Available data:

=======

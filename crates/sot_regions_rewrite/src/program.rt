//! Programs with other regions.

ghost use Rattle.std.specs.Prelude.{◌≡◌, ◌≤◌, length, map, drop, IfOk, OnOk};
ghost use Rattle.sot_syntax_tree.specs.TreeViews.{declaration_view, program_view};
ghost use Rattle.sot_regions_rewrite.specs.OtherRegions.{declaration_with, left_behind};
ghost use Rattle.sot_regions_rewrite.specs.OtherRegions.{declarations_with, with_regions};

use crate::modules::{ModuleRegions, module_with};
use sot_syntax_tree::{Apart, Decl, Program};
use std::alloc::{AllocError, Global};

// Gives a module the regions at place `next`, where there are some, and says which come after.
fn put_next(
    alloc: Global,
    decl: &mut Decl,
    regions: &[ModuleRegions],
    next: usize,
) -> Result<usize, AllocError>
    requires { next ≤ length regions.now }
    ensures changed { OnOk result (declaration_view decl.new
        ≡ declaration_with (drop next regions.now) (declaration_view decl.old)) }
    ensures left { IfOk result (λ after. drop after regions.now
        ≡ left_behind (declaration_view decl.old) (drop next regions.now)) }
    ensures within { IfOk result (λ after. after ≤ length regions.now) }
{
    if next >= regions.len() {
        return Ok(next);
    }
    if let Decl::Module(module) = decl {
        let changed = module_with(alloc, module.content(), &regions[next])?;
        *decl = Decl::Module(Apart::new(alloc, changed)?);
        return Ok(next + 1);
    }
    Ok(next)
}

fn put_regions(
    alloc: Global,
    decls: &mut Vec<Decl>,
    regions: &[ModuleRegions],
) -> Result<(), AllocError>
    ensures { OnOk result (map declaration_view decls.new.items
        ≡ declarations_with regions.now (map declaration_view decls.old.items)) }
{
    let mut next = 0;
    for k in 0..decls.len() {
        next = put_next(alloc, &mut decls[k], regions, next)?;
    }
    Ok(())
}

/// The program with these regions, one pair a module in declared order; modules past their end keep
/// their own. The boxes are written with as many decimals as the first box of the module's `safe`,
/// in whose scales they are, and at its place; where `safe` has no box, there are none. Nothing
/// else of the program changes. Where there is no memory, the program is let go.
pub fn with_regions(
    alloc: Global,
    program: Program,
    regions: &[ModuleRegions],
) -> Result<Program, AllocError>
    ensures { IfOk result (λ changed. program_view changed
        ≡ with_regions regions.now (program_view program)) }
{
    let mut decls = program.decls;
    put_regions(alloc, &mut decls, regions)?;
    Ok(Program { decls })
}
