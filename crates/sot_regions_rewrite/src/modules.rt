//! Modules with other regions.

ghost use Rattle.std.specs.Prelude.{◌≡◌, IfOk};
ghost use Rattle.sot_syntax_tree.specs.TreeViews.{module_view};
ghost use Rattle.sot_regions_rewrite.specs.OtherRegions.{module_with};

use crate::boxes::boxes_like;
use sot_box::Region;
use sot_syntax_tree::{Ident, ModuleDecl};
use std::alloc::{AllocError, Global};

/// The regions of a module, whose boxes have one side for each state variable of its plant.
#[derive(Drop)]
pub struct ModuleRegions {
    pub safe: Region,
    pub safer: Region,
}

fn copy_name(alloc: Global, given: &Ident) -> Result<Ident, AllocError>
    ensures { IfOk result (λ i. i ≡ given.now) }
{
    Ok(Ident {
        name: given.name.copy(alloc)?,
        at: given.at,
    })
}

/// A module with these regions, written as the first box of its `safe` is.
pub(crate) fn module_with(
    alloc: Global,
    module: &ModuleDecl,
    regions: &ModuleRegions,
) -> Result<ModuleDecl, AllocError>
    ensures { IfOk result (λ m. module_view m
        ≡ module_with regions.now (module_view «module».now)) }
{
    Ok(ModuleDecl {
        name: copy_name(alloc, &module.name)?,
        ac: copy_name(alloc, &module.ac)?,
        sc: copy_name(alloc, &module.sc)?,
        period: module.period,
        offset: module.offset,
        plant: copy_name(alloc, &module.plant)?,
        safe: boxes_like(alloc, &module.safe, &regions.safe)?,
        safer: boxes_like(alloc, &module.safe, &regions.safer)?,
    })
}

=======

Wherever the word "written" appears in the listing above, copy the whole line.

Response area:
/// their own. The boxes are written with as many decimals as the first box of the module's `safe`,
/// A module with these regions, written as the first box of its `safe` is.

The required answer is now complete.